▼▼▼
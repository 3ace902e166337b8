// Writes the first ten outputs from the state (1, 2, 3, 4), a line each.
#![tactic(auto)]

use generator::Xoshiro256StarStar;
use std::io;

fn main(rt: HostRuntime) -> io::Result<()> {
    let mut state = Xoshiro256StarStar {
        s0: 1,
        s1: 2,
        s2: 3,
        s3: 4,
    };
    for _ in 0..10 {
        let (value, next) = state.next();
        println!(rt; "{value}")?;
        state = next;
    }
    Ok(())
}
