// What is decided of a request before anything is changed: the slot that it is about, or its refusal. Nothing here writes.
#![tactic(auto)]

pub mod decision; // decision.rt: the record under a handle, and whether its place is taken
pub mod lending; // lending.rt: what kinds 3 and 4 test
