// The record under a request's handle, and whether the request takes a record of its place. Nothing here writes.
ghost use Rattle.std.specs.Prelude.{◌≡◌, Bool, Some, IfOk};
ghost use Rattle.profile.specs.Table.{slots_of};
ghost use Rattle.profile.specs.Agent.{find};
ghost use Rattle.slots.specs.declared.place.Place.{Place};
ghost use Rattle.tables.specs.LookUp.{found_at};
ghost use Rattle.decisions.specs.Decisions.{Takes, decided};

use codes::refusal::Refusal;
use profile::sizes::HANDLE_BYTES;
use slots::place::Place;
use tables::lookup::Record;

// PROFILE 4.2. Status 4 for a handle in no slot, and 6 for a record of a place that is not taken. No record is empty: only an
// empty slot has no handle (PROFILE 2.3).
pub fn slot_under<F: Fn(Place) -> bool>(
    table: &[u8],
    h: [u8; HANDLE_BYTES],
    takes: F,
) -> Result<Record, Refusal>
    requires { F.IsAlwaysCallable takes }
    ensures found { IfOk result (λ r. found_at (find h (slots_of table.now)) ≡ Some r) }
    ensures decided { (places : Place → Bool) → Takes (F.post takes) places → result ≡ decided places (found_at (find h (slots_of table.now))) }
{
    let record = tables::lookup::look_up(table, h).ok_or(Refusal::HandleNotFound)?;
    if takes(record.place) {
        Ok(record)
    } else {
        Err(Refusal::UnexpectedRequest)
    }
}
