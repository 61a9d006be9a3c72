// Lending: what kinds 3 and 4 test before anything is written.
ghost use Rattle.std.specs.Prelude.{◌≡◌};
ghost use Rattle.profile.specs.Slot.{in_use};
ghost use Rattle.profile.specs.Table.{slots_of};
ghost use Rattle.profile.specs.Agent.{find};
ghost use Rattle.tables.specs.LookUp.{found_at};
ghost use Rattle.decisions.specs.Decisions.{decided, unless_used, lendable};

use codes::refusal::Refusal;
use profile::sizes::HANDLE_BYTES;
use slots::place::Place;
use tables::lookup::Record;

// PROFILE 5.3 and 5.4. After the tests on the record under the handle h, which must be enabled: status 5 where some slot has the
// new handle k, the record's own slot included. Inlined, so that the call's frame has one copy of the handles and not two.
#[inline(always)]
pub fn slot_to_lend(
    table: &[u8],
    h: [u8; HANDLE_BYTES],
    k: [u8; HANDLE_BYTES],
) -> Result<Record, Refusal>
    ensures { result ≡ unless_used (in_use k (slots_of table.now)) (decided lendable (found_at (find h (slots_of table.now)))) }
{
    let record = crate::decision::slot_under(table, h, |p| matches!(p, Place::Enabled))?;
    if tables::handle::in_use(table, k) {
        return Err(Refusal::DuplicateHandle);
    }
    Ok(record)
}
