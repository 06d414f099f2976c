//! Which zones are torn, and whether a mount can repair them.

ghost use Rattle.std.specs.Prelude.{◌≡◌, ◌↔◌, ◌≤◌, ◌<◌, ◌^◌, ◌+◌, ℕ, length, IfNone, IfOk, IfSome, IsTrue};
ghost use Rattle.std.specs.List.{AllByRecursion};
ghost use Rattle.zone_states.specs.Geometry.{IsInRange};
ghost use Rattle.drive_array.specs.Repair.{CanRepair, Fits, IsTornAt, moves};
ghost use Rattle.drive_array.specs.Reserve.{batch_most};
ghost use Rattle.yardsticks.specs.Zones.{IsFirstTorn, NoneTorn, held_logs};

use crate::batches::Batch;
use crate::live::{live, live_data};
use crate::sequences::{are_below, sequences};
use std::alloc::{AllocError, Global};
use zone_choice::batch_most;
use zone_states::Geometry;

/// Whether a zone has a batch, and a torn tail after its batches.
fn is_torn(logs: &[Vec<Batch>], tails: &[bool], zone: usize) -> bool
    requires { zone < length logs.now }
    ensures { IsTrue result ↔ IsTornAt (held_logs logs.now) tails.now zone }
{
    if logs[zone].is_empty() {
        return false;
    }
    match tails.get(zone) {
        Some(is_torn) => *is_torn,
        None => false,
    }
}

/// The first torn zone from one on, if any.
fn first_torn(logs: &[Vec<Batch>], tails: &[bool], from: usize) -> Option<usize>
    ensures some { let all = held_logs logs.now in
        IfSome result (IsFirstTorn all tails.now from) }
    ensures none { let all = held_logs logs.now in
        IfNone result (NoneTorn all tails.now from (length all)) }
{
    for zone in from..logs.len() {
        if is_torn(logs, tails, zone) {
            return Some(zone);
        }
    }
    None
}

/// How many Moves take that many records.
fn moves(geometry: &Geometry, records: u32) -> u64
    requires { IsInRange geometry.now }
    ensures moves { result ≡ moves (batch_most geometry.now) records }
    ensures few { result < 2 ^ 32 }
{
    (records as u64)
        .div_ceil(batch_most(geometry) as u64)
        .max(1)
}

/// Whether Moves of a zone's live records, and their data, fit in one zone, and the sequences last for them.
fn fits(
    alloc: Global,
    geometry: &Geometry,
    size: u32,
    logs: &[Vec<Batch>],
    zone: usize,
) -> Result<bool, AllocError>
    requires { IsInRange geometry.now }
    ensures { let all = held_logs logs.now in
        IfOk result (λ b. IsTrue b ↔ Fits geometry.now (2 ^ 63) size all zone) }
{
    let moves = moves(geometry, live(size, logs, zone));
    if moves + live_data(size, logs, zone) as u64 > geometry.capacity as u64 {
        return Ok(false);
    }
    Ok(are_below(&sequences(alloc, logs)?, (1 << 63) - moves))
}

/// Whether at most one zone is torn, and can be repaired.
pub(crate) fn can_repair(
    alloc: Global,
    geometry: &Geometry,
    size: u32,
    logs: &[Vec<Batch>],
    tails: &[bool],
) -> Result<bool, AllocError>
    requires { IsInRange geometry.now }
    ensures { let all = held_logs logs.now in
        IfOk result (λ b. IsTrue b ↔ CanRepair geometry.now (2 ^ 63) size all tails.now) }
{
    let Some(zone) = first_torn(logs, tails, 0) else {
        return Ok(true);
    };
    let None = first_torn(logs, tails, zone + 1) else {
        return Ok(false);
    };
    fits(alloc, geometry, size, logs, zone)
}
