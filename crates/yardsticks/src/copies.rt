//! Copies of a drive.

use drive_port::Device;
use std::alloc::Global;
use zone_drive::Drive;
use zone_states::Zone;

/// A copy of a drive, after a restart.
pub fn restarted(alloc: Global, drive: &Drive) -> Option<Drive> {
    let mut zones = Vec::new(alloc);
    for zone in drive.zones() {
        let written = Vec::from_slice(alloc, zone.written()).ok()?;
        zones.push(Zone::from_parts(zone.state(), written)).ok()?;
    }
    let mut copy = Drive::from_zones(alloc, drive.geometry(), zones).ok()?;
    copy.restart();
    Some(copy)
}
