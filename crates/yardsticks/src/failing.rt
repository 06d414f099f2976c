//! A device that fails at some commands.

ghost use Rattle.std.specs.Prelude.{◌≡◌, false, true};
ghost use Rattle.drive_port.specs.Drive.{IsLawful};
ghost use Rattle.yardsticks.specs.Failing.{failed_by};

use drive_port::{Device, Geometry, Halt, Honest};
use nvme_wire::Command;

/// Fails at one command, or at each Read of one block. All else is as the device within has it.
#[derive(Drop)]
pub struct FailingDevice<D: Device + Honest + Drop> {
    device: D,
    /// How many commands are passed on before the one at which it fails.
    before: u64,
    /// The address of a block that it cannot read.
    unreadable: Option<u64>,
    /// Whether it has failed.
    failed: bool,
}

/// Whether an entry is that of a Read of this block.
fn reads_block(entry: &[u8; 64], address: u64) -> bool {
    match Command::decode(entry) {
        Ok(Command::Read { slba, blocks }) => { slba <= address && address - slba < blocks as u64 }
        _ => false,
    }
}

impl<D: Device + Honest + Drop> FailingDevice<D> {
    /// A device that fails at the command which comes after this many, alone.
    pub fn at(device: D, before: u64) -> Self
        ensures within { result.device ≡ device }
        ensures unfailing { result.failed ≡ false }
    {
        FailingDevice {
            device,
            before,
            unreadable: None,
            failed: false,
        }
    }

    /// A device that fails at each Read of the block at this address.
    pub fn unreadable(device: D, address: u64) -> Self
        ensures within { result.device ≡ device }
        ensures unfailing { result.failed ≡ false }
    {
        FailingDevice {
            device,
            before: u64::MAX,
            unreadable: Some(address),
            failed: false,
        }
    }

    /// Whether it has failed.
    pub fn has_failed(&self) -> bool
        ensures { result ≡ self.now.failed }
    {
        self.failed
    }

    /// The device within.
    pub fn into_inner(self) -> D
        ensures { result ≡ self.device }
    {
        self.device
    }

    /// Whether it fails at the command of this entry, which comes next. A device that has stopped fails at none.
    fn fails_at(&mut self, entry: &[u8; 64]) -> bool
        ensures device { self.new.device ≡ self.old.device }
        ensures failed { self.new.failed ≡ self.old.failed }
        ensures running { result ≡ true → (D.drive self.old.device).stopped ≡ false }
        ensures lawful { IsLawful (D.drive self.old.device) }
    {
        if self.device.stopped() {
            return false;
        }
        if let Some(address) = self.unreadable {
            return reads_block(entry, address);
        }
        if self.before == 0 {
            self.before = u64::MAX;
            return true;
        }
        self.before -= 1;
        false
    }
}

impl<D: Device + Honest + Drop> Device for FailingDevice<D> {
    ghost drive = { λ f. failed_by (D.drive f.device) f.failed };

    fn geometry(&self) -> Geometry {
        self.device.geometry()
    }

    fn completed(&self) -> u64 {
        self.device.completed()
    }

    fn stopped(&self) -> bool {
        self.device.stopped()
    }

    fn submit(
        &mut self,
        entry: &[u8; 64],
        bytes: &[u8],
        into: &mut Vec<u8>,
    ) -> Result<[u8; 16], Halt> {
        if self.fails_at(entry) {
            self.failed = true;
            into.clear();
            return Err(Halt::Failed);
        }
        self.device.submit(entry, bytes, into)
    }

    fn submit_extending(&mut self, entry: &[u8; 64], into: &mut Vec<u8>) -> Result<[u8; 16], Halt> {
        if self.fails_at(entry) {
            self.failed = true;
            return Err(Halt::Failed);
        }
        self.device.submit_extending(entry, into)
    }
}

impl<D: Device + Honest + Drop> Honest for FailingDevice<D> {
    fn vouch(&self) {
        self.device.vouch();
    }
}
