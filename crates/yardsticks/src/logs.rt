//! The logs of zones.

ghost use Rattle.std.specs.Prelude.{◌≡◌, ◌<◌, ◌++◌, length, true, IfNone, IfOk, IfSome};
ghost use Rattle.std.specs.List.{AllByRecursion};
ghost use Rattle.zone_states.specs.Geometry.{IsInRange};
ghost use Rattle.drive_port.specs.Contents.{usage_of, is_full};
ghost use Rattle.yardsticks.specs.Batches.{held_blocks};
ghost use Rattle.drive_array.specs.ZoneLogs.{HasLog, padding, readable};
ghost use Rattle.yardsticks.specs.Zones.{AreZoneLogs, HasWholeBlocks, IsZoneLog, image_content};
ghost use Rattle.yardsticks.specs.Zones.{image_contents, held_log, held_logs};

use crate::batches::{Batch, ZoneLog, copied, log};
use nvme_wire::ZoneState;
use std::alloc::{AllocError, Global};
use zone_states::Geometry;

/// A zone of a drive: its state, and its written blocks.
#[derive(Debug, Drop)]
pub struct ZoneImage {
    pub state: ZoneState,
    pub blocks: Vec<Vec<u8>>,
}

/// The logs of the zones of a drive, and after which of them torn tails stand.
#[derive(Drop)]
pub(crate) struct DriveLogs {
    pub logs: Vec<Vec<Batch>>,
    pub tails: Vec<bool>,
}

/// The blocks, and zero blocks after them up to the capacity.
fn padded(
    alloc: Global,
    geometry: &Geometry,
    mut blocks: Vec<Vec<u8>>,
) -> Result<Vec<Vec<u8>>, AllocError>
    ensures { let zeros = padding geometry.now true (length blocks.items) in
        IfOk result (λ padded. held_blocks padded.items ≡ held_blocks blocks.items ++ zeros) }
{
    for _number in blocks.len()..geometry.capacity as usize {
        blocks.push(vec![in alloc; 0; geometry.block as usize]?)?;
    }
    Ok(blocks)
}

fn is_full(state: ZoneState) -> bool
    ensures { result ≡ is_full (usage_of state) }
{
    match state {
        ZoneState::Full => true,
        _ => false,
    }
}

/// The readable blocks of a zone.
fn readable(
    alloc: Global,
    geometry: &Geometry,
    zone: &ZoneImage,
) -> Result<Vec<Vec<u8>>, AllocError>
    ensures { let all = readable geometry.now (image_content zone.now) in
        IfOk result (λ blocks. held_blocks blocks.items ≡ all) }
{
    let blocks = copied(alloc, &zone.blocks)?;
    if !is_full(zone.state) {
        return Ok(blocks);
    }
    padded(alloc, geometry, blocks)
}

/// The log of a zone, if it has one.
fn zone_log(
    alloc: Global,
    geometry: &Geometry,
    zone: &ZoneImage,
) -> Result<Option<ZoneLog>, AllocError>
    requires geometry { IsInRange geometry.now }
    requires whole { HasWholeBlocks geometry.now.block zone.now }
    ensures some { let content = image_content zone.now in
        IfOk result (λ found. IfSome found (λ log.
        IsZoneLog geometry.now content (held_log log.batches.items) log.is_torn)) }
    ensures none { let content = image_content zone.now in
        IfOk result (λ found. IfNone found (HasLog geometry.now content → ⊥)) }
{
    let blocks = readable(alloc, geometry, zone)?;
    log(alloc, &blocks, geometry.block as usize, is_full(zone.state))
}

/// The logs of all zones, if each has one.
pub(crate) fn zone_logs(
    alloc: Global,
    geometry: &Geometry,
    zones: &[ZoneImage],
) -> Result<Option<DriveLogs>, AllocError>
    requires geometry { IsInRange geometry.now }
    requires whole { AllByRecursion (HasWholeBlocks geometry.now.block) zones.now }
    ensures some { let contents = image_contents zones.now in
        IfOk result (λ found. IfSome found (λ drive.
        AreZoneLogs geometry.now contents (held_logs drive.logs.items) drive.tails.items)) }
    ensures none { let contents = image_contents zones.now in
        IfOk result (λ found. IfNone found (AllByRecursion (HasLog geometry.now) contents → ⊥)) }
{
    let mut logs = Vec::new(alloc);
    let mut tails = Vec::new(alloc);
    for zone in zones {
        let Some(log) = zone_log(alloc, geometry, zone)? else {
            return Ok(None);
        };
        logs.push(log.batches)?;
        tails.push(log.is_torn)?;
    }
    Ok(Some(DriveLogs { logs, tails }))
}
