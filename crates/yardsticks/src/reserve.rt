//! The quota of a geometry, by trial.

ghost use Rattle.zone_states.specs.Geometry.{IsInRange};
ghost use Rattle.drive_array.specs.Reserve.{IsQuota, batch_most};

use zone_choice::fill;
use zone_states::Geometry;

/// The greatest number of records whose move leaves two blocks of a zone free. The geometry is one
/// that `check` admits.
pub fn quota(geometry: &Geometry) -> u32
    requires { IsInRange geometry.now }
    ensures { IsQuota (batch_most geometry.now) geometry.now.capacity result }
{
    let mut records = 0;
    while fill(geometry, records + 1) + 2 <= geometry.capacity as u64 {
        records += 1;
    }
    records
}
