//! The sequences of batches.

ghost use Rattle.std.specs.Prelude.{◌≡◌, ◌↔◌, ◌<◌, ◌++◌, nat_eq, IfOk, IsTrue, OnOk};
ghost use Rattle.std.specs.List.{AllByRecursion, IsDistinct};
ghost use Rattle.drive_array.specs.ZoneLogs.{log_sequences, sequences};
ghost use Rattle.yardsticks.specs.Zones.{held_log, held_logs};

use crate::batches::Batch;
use std::alloc::{AllocError, Global};

/// Puts the sequences of a log after these numbers.
fn add_sequences(numbers: &mut Vec<u64>, log: &[Batch]) -> Result<(), AllocError>
    ensures { OnOk result
        (numbers.new.items ≡ numbers.old.items ++ log_sequences (held_log log.now)) }
{
    for batch in log {
        numbers.push(batch.header.sequence)?;
    }
    Ok(())
}

pub(crate) fn sequences(alloc: Global, logs: &[Vec<Batch>]) -> Result<Vec<u64>, AllocError>
    ensures { IfOk result (λ numbers. numbers.items ≡ sequences (held_logs logs.now)) }
{
    let mut numbers = Vec::new(alloc);
    for log in logs {
        add_sequences(&mut numbers, log)?;
    }
    Ok(numbers)
}

pub(crate) fn are_distinct(numbers: &[u64]) -> bool
    ensures { IsTrue result ↔ IsDistinct nat_eq numbers.now }
{
    for (i, number) in numbers.iter().enumerate() {
        if numbers[i + 1..].contains(number) {
            return false;
        }
    }
    true
}

pub(crate) fn are_below(numbers: &[u64], limit: u64) -> bool
    ensures { IsTrue result ↔ AllByRecursion (λ number. number < limit) numbers.now }
{
    numbers.iter().all(|number| *number < limit)
}
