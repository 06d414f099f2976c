//! The size that the headers of logs say.

ghost use Rattle.std.specs.Prelude.{◌≡◌, ◌<◌, length};
ghost use Rattle.drive_array.specs.Sizes.{encoded_size, greatest, larger, log_greatest};
ghost use Rattle.drive_array.specs.ZoneLogs.{log_at};
ghost use Rattle.yardsticks.specs.Zones.{held_log, logs_but, held_logs};

use crate::batches::Batch;

/// The log of a zone, or none if it is the one that is left out.
pub(crate) fn log_but<'a>(
    logs: &'a [Vec<Batch>],
    left_out: Option<usize>,
    zone: usize,
) -> &'a [Batch]
    requires { zone < length logs.now }
    ensures { held_log result.now ≡ log_at (logs_but left_out (held_logs logs.now)) zone }
{
    if left_out == Some(zone) {
        return &[];
    }
    &logs[zone]
}

fn larger(size: Option<u32>, other: Option<u32>) -> Option<u32>
    ensures { result ≡ larger size other }
{
    match (size, other) {
        (None, other) => other,
        (Some(size), None) => Some(size),
        (Some(size), Some(other)) => Some(size.max(other)),
    }
}

/// The greatest size in the headers of a log.
fn log_greatest(log: &[Batch]) -> Option<u32>
    ensures { result ≡ log_greatest (held_log log.now) }
{
    let mut found = None;
    for batch in log {
        found = larger(found, batch.header.size);
    }
    found
}

/// The greatest size in the headers of all logs, where those of one zone may be left out.
fn greatest(logs: &[Vec<Batch>], left_out: Option<usize>) -> Option<u32>
    ensures { result ≡ greatest (logs_but left_out (held_logs logs.now)) }
{
    let mut found = None;
    for zone in 0..logs.len() {
        found = larger(found, log_greatest(log_but(logs, left_out, zone)));
    }
    found
}

/// The number of blocks that the logs encode, where the batches of one zone may be left out: n if no
/// header has a size.
pub(crate) fn encoded_size(n: u32, logs: &[Vec<Batch>], left_out: Option<usize>) -> u32
    ensures { result ≡ encoded_size n (logs_but left_out (held_logs logs.now)) }
{
    match greatest(logs, left_out) {
        Some(size) => size,
        None => n,
    }
}
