ghost use Rattle.std.proofs.Common.{refl};
ghost use Rattle.drive_port.specs.Drive.{DriveState};
ghost use Rattle.disk_runs.specs.RawLines.{held_reply, raw};
ghost use Rattle.disk_runs.specs.Run.{Runs, exchange};

use crate::fault::RunFault;
use crate::lines::{Answerer, answer_lines};
use disk_files::{LineReader, ParseFault, WriteFault, is_skipped, parse_raw_line, write_raw_reply};
use drive_port::{Device, Halt, Honest};
use std::alloc::Global;
use std::io::{Read, Write};
use zone_translator::DiskFault;

/// Submits the entries of raw lines to a device.
#[derive(Drop)]
struct RawAnswerer<D: Device + Drop> {
    device: D,
    /// The data with an entry.
    data: Vec<u8>,
    /// The completion of the last line, if it had an entry.
    completion: Option<[u8; 16]>,
    /// The data that came back with it.
    returned: Vec<u8>,
}

impl<D: Device + Honest + Drop> Answerer for RawAnswerer<D> {
    ghost State = { DriveState };

    ghost state = { λ r. D.drive r.device };

    ghost Mode = { Unit {0} };

    ghost mode = { λ _. tt };

    ghost language = { λ _. raw };

    ghost reply = { λ r. held_reply r.completion r.returned.items };

    ghost same = { λ _ _. refl };

    fn answer(&mut self, line: &[u8], number: u64) -> Result<(), RunFault> {
        self.completion = None;
        if is_skipped(line) {
            return Ok(());
        }
        let entry = match parse_raw_line(line, &mut self.data) {
            Ok(entry) => entry,
            Err(ParseFault::Grammar) => return Err(RunFault::Line(number)),
            Err(ParseFault::Memory) => return Err(RunFault::Memory),
        };
        match self.device.submit(&entry, &self.data, &mut self.returned) {
            Ok(completion) => {
                self.completion = Some(completion);
                Ok(())
            }
            Err(Halt::Memory) => Err(RunFault::Disk(DiskFault::OutOfMemory)),
            Err(Halt::Failed) => Err(RunFault::Disk(DiskFault::Failed)),
            Err(Halt::Stopped) => Err(RunFault::Disk(DiskFault::Stopped)),
        }
    }

    fn write_reply<W: Write>(&self, writer: &mut W) -> Result<(), WriteFault> {
        match &self.completion {
            Some(completion) => write_raw_reply(writer, completion, &self.returned),
            None => Ok(()),
        }
    }
}

/// Submits the entry of each raw line of the reader to the device, in order, and writes its completion and
/// the data that came back, until the lines end. The device is given back.
///
/// After a fault the replies of all lines before stand and, where the writer failed, a beginning of the
/// next one. A device that halts is the fault `Disk`, with `OutOfMemory`, `Failed` or `Stopped`.
pub fn run_raw<R: Read + Drop, W: Write, D: Device + Honest + Drop>(
    alloc: Global,
    reader: &mut LineReader<R>,
    writer: &mut W,
    device: D,
) -> (D, Result<(), RunFault>)
    ensures { Runs raw (exchange reader.old.left (W.contents writer.old) (W.contents writer.new))
        (D.drive device) result.1 (D.drive result.0) }
{
    let mut answerer = RawAnswerer {
        device,
        data: Vec::new(alloc),
        completion: None,
        returned: Vec::new(alloc),
    };
    let result = answer_lines(reader, writer, &mut answerer);
    (answerer.device, result)
}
▲▲▲
* **WHAT YOU ARE ASKED TO DO**: The line with "let mut state" is the last to include; transcribe exactly every line from the top of the material above down to it.

* **ANSWER TO THE PROBLEM**:
repository 3ace902e166337b8
// Writes the first ten outputs from the state (1, 2, 3, 4), a line each.
#![tactic(auto)]

use generator::Xoshiro256StarStar;
use std::io;

fn main(rt: HostRuntime) -> io::Result<()> {
    let mut state = Xoshiro256StarStar {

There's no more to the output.